Do we have anything incredibly interesting or are we all earning money the hard way to pay for our lovely cars?

Ill start things off, in September I finished my apprenticeship in Mechanical Engineering, I was handed a full time job at the company I did my apprenticeship at.

This company is a well known sugar producer and if any of you have travelled along the A14 in Suffolk you most probably have driven past my place of work.

So what interesting jobs does everyone have?


----------



## Hoggy

Hi, Retired from Power Industry 16 years ago.
Hoggy.


----------



## c15 ttt

self employed plasterer....and apprentice lottery winner.one day..it could be ME


----------



## BAXJ

Boring pensions for me!


----------



## RobHardy

I am a IT Architect


----------



## c15 ttt

RobHardy said:


> I am a IT Architect


you draw computers rob?  .never met one of you before.


----------



## J99 TTC

Offshore Windfarm Skipper


----------



## kevtga

Run a small commercial and domestic building company for my sins lol


----------



## conlechi

Self Employed Goldsmith/Jeweller


----------



## YELLOW_TT

Services technician on a pharmaceutical plant


----------



## basky

Chemical tech Manufacturer annesthetic 

Sent from my iPhone using Tapatalk 
Basky.


----------



## heiliger.stanislaus

university professor in business information systems, approaching retirement


----------



## A3DFU

Personal fitness trainer with one leg; Clinical hypnotherapist and Reiki teacher with the other leg. Oh, and OAP


----------



## rustyintegrale

Advertising, marketing and design consultant on one side...

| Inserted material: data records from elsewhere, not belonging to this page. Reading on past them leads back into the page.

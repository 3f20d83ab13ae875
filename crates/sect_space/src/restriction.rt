// Changes of restrictions.

ghost use Rattle.std.specs.Prelude.{◌≡◌, IfOk, OnErr};
ghost use Rattle.sect_model.specs.Fits.{Fits};
ghost use Rattle.sect_space.specs.Made.{Made, Unchanged, Taken, Ready};
ghost use Rattle.sect_space.specs.Parts.{roomed_of};

use crate::back::Back;
use crate::parts::Parts;
use sect_base::{Memory, OfferingId, RestrictionId};
use sect_model::Change;
use sect_reserve::Restriction;

impl Parts {
    /// Adds a restriction of a new id. Where memory runs out, nothing is changed.
    pub fn add_restriction(&mut self, row: Restriction) -> Result<Back, Memory>
        requires { Fits (roomed_of self.old).world (Change.Restrict row) }
        ensures ok { IfOk result (λ back. Made (roomed_of self.old) (roomed_of self.new) (Change.Restrict row) back) }
        ensures err { OnErr result (Unchanged (roomed_of self.old) (roomed_of self.new)) }
    {
        let back = Back::RestrictionAdded(row.id, row.offering);
        self.restrictions.insert(row)?;
        Ok(back)
    }

    /// Takes the restriction off again. It is there.
    pub fn take_restriction(&mut self, id: RestrictionId, offering: OfferingId)
        requires { Ready (roomed_of self.old) (Back.RestrictionAdded id offering) }
        ensures { Taken (roomed_of self.old) (roomed_of self.new) (Back.RestrictionAdded id offering) }
    {
        let _ = offering;
        let _ = self.restrictions.remove(id);
    }

    /// Removes a restriction that is there. It takes no memory.
    pub fn remove_restriction(&mut self, id: RestrictionId) -> Back
        requires { Fits (roomed_of self.old).world (Change.Unrestrict id) }
        ensures { Made (roomed_of self.old) (roomed_of self.new) (Change.Unrestrict id) result }
    {
        let (place, row) = self.restrictions.remove(id);
        Back::RestrictionRemoved(place, row)
    }

    /// Puts a restriction back where it stood. There is room.
    pub fn put_restriction_back(&mut self, place: usize, row: Restriction)
        requires { Ready (roomed_of self.old) (Back.RestrictionRemoved place row) }
        ensures { Taken (roomed_of self.old) (roomed_of self.new) (Back.RestrictionRemoved place row) }
    {
        self.restrictions.put_back(place, row);
    }
}
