//! What a session of each version has besides those before it.

ghost use Rattle.std.specs.Prelude.{◌≡◌, ◌≤◌};
ghost use Rattle.mx_request.specs.Versions.{has_classes, last_number, most_gates, since_version};

use crate::requests::Request;

/// Whether processes and segments have classes of access isolation: from version 2 on.
pub fn has_classes(version: u8) -> bool
    ensures { result ≡ has_classes version }
{
    version >= 2
}

/// The last segment number that a process can be given: 127 in versions 1 and 2, 255 from version 3 on.
pub fn last_number(version: u8) -> u16
    ensures { result ≡ last_number version }
{
    if version >= 3 { 255 } else { 127 }
}

/// How many return gates a process may have, each of an upward call: 16 from version 4 on, and none before, where upward
/// calls are denied.
pub fn most_gates(version: u8) -> usize
    ensures value { result ≡ most_gates version }
    ensures limit { result ≤ 16 }
{
    if version >= 4 { 16 } else { 0 }
}

impl Request {
    /// The version from which on a session may ask the request: 2 for a class, 3 for an initial access list, and 1 for
    /// each other.
    pub fn since_version(&self) -> u8
        ensures { result ≡ since_version self.now }
    {
        match self {
            Request::SetClass { .. } => 2,
            Request::SetIacl { .. } | Request::DelIacl { .. } => 3,
            _ => 1,
        }
    }
}
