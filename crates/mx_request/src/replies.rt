//! What the supervisor answers.

ghost use Rattle.std.specs.Prelude.{◌≡◌, ◌++◌, OnOk, OnErr};
ghost use Rattle.mx_request.specs.ReplyTexts.{reply_text};

use crate::writing::push_reply;
use mx_hier::{Names, Refusal, Status};
use mx_kst::Known;
use mx_sdw::Word;
use std::alloc::AllocError;

/// The reply to a request. `Done` is printed `ok`. A message tells its sender; where no message waits, `Nobody` says
/// that no other process could send one, and `Waiting` that the process waits.
pub enum Reply {
    Done,
    Refused(Refusal),
    Status(Status),
    Names(Names),
    Segno(Known),
    Linked {
        segno: u16,
        word: u16,
        fresh: bool,
        linkage: Option<u16>,
    },
    Sent,
    Message {
        sender: u8,
        word: Word,
    },
    Nobody,
    Waiting,
}

// By hand, so that what lets a reply go calls this, and need not let go of each of its parts.
impl Drop for Reply {
    fn drop(self) {
        match self {
            Reply::Done => {}
            Reply::Refused(_why) => {}
            Reply::Status(_status) => {}
            Reply::Names(_names) => {}
            Reply::Segno(_known) => {}
            Reply::Linked {
                segno: _segno,
                word: _word,
                fresh: _fresh,
                linkage: _linkage,
            } => {}
            Reply::Sent => {}
            Reply::Message {
                sender: _sender,
                word: _word,
            } => {}
            Reply::Nobody => {}
            Reply::Waiting => {}
        }
    }
}

impl Reply {
    /// Appends the reply's text, which is one line without its newline; want of memory leaves the bytes as they were.
    pub fn append_to(&self, out: &mut Vec<u8>) -> Result<(), AllocError>
        ensures ok { OnOk result (out.new.items ≡ out.old.items ++ reply_text self.now) }
        ensures err { OnErr result (out.new.items ≡ out.old.items) }
    {
        let length = out.len();
        match push_reply(out, self) {
            Ok(()) => Ok(()),
            Err(error) => {
                out.truncate(length);
                Err(error)
            }
        }
    }
}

http://www.digitallmasters.com

Apple tech. and custom Apple builder on the other. Nobody builds laptops as fast as mine. DJs and musicians love my custom builds...

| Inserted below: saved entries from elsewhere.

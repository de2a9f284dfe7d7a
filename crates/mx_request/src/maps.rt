//! The maps of object segments that requests make.

ghost use Rattle.std.specs.Prelude.{◌≡◌, IfOk};

use mx_object::ObjectMap;
use std::alloc::{AllocError, Global};
use std::marker::Model;

/// The map of an object segment on the heap, so that a request takes no more room than one with a name or an identifier.
#[derive(Drop)]
pub struct BoxedMap {
    map: Box<ObjectMap>,
}

impl Model for BoxedMap {
    ghost use Rattle.mx_object.specs.Objects.{PlainObjectMap};

    ghost Value = { PlainObjectMap };

    ghost view = { λ a. a.map.value };
}

impl BoxedMap {
    /// This map. The only error is want of memory.
    pub fn new(alloc: Global, map: ObjectMap) -> Result<BoxedMap, AllocError>
        ensures { IfOk result (λ boxed. boxed ≡ map) }
    {
        let map = Box::new(alloc, map)?;
        Ok(BoxedMap { map })
    }

    /// The map, to read.
    pub fn map(&self) -> &ObjectMap
        ensures { result.now ≡ self.now }
    {
        &self.map
    }
}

http://www.adamandeveit.co.uk


----------



## TTchan

Booking office clerk in a railway station 8)


----------



## Wallsendmag

TTchan said:


> Booking office clerk in a railway station 8)


+1


----------



## jonah

Business analyst for a large sealant manufacturer


----------



## davelincs

Service Engineer, working on industrial gas turbines


----------



## CWJ

Orthopaedic surgeon.


----------



## mighTy Tee

I am a bullshit deflector.


----------



## Pugwash69

Pro Coffee Drinker. I quit an 11 year office job coding payroll software to go self employed in web design about 9 years ago.


----------



## Canis

Company Director for an IT Service and Delivery company. Worked my way up form the lowest of the low being paid less than £7k a year 15 years ago.


----------



## Randomgary

I'm in the forces, but I'm one of the many in the bracket for redundancies.


----------



## igotone

Retired cop (CID )in my first incarnation - retired photographer in my second .


----------



## igotone

mighTy Tee said:


> I am a bullshit deflector.


 :lol: Where are you when I need you?


----------



## neilc

I am the top supplier of secondhand Audi TT's in the UK :wink:


----------



## dannyboyz4

Solicitor working in Civil Litigation and hopefully soon procurement.


----------



## John-H

Electronic engineer


----------



## Nilesong

Drug dealer.

Sorry - RUG dealer.


----------



## denTTed

Tree surgeon, again after a spell as a hotel manager.


----------



## redsilverblue

Bus Dev girl, good old Pharmaceuticals field


----------



## JorgeTTCQ

I have my own company manufacturing synthetic turf for sports like football, rugby, tennis/paddle and golf and also for landscaping.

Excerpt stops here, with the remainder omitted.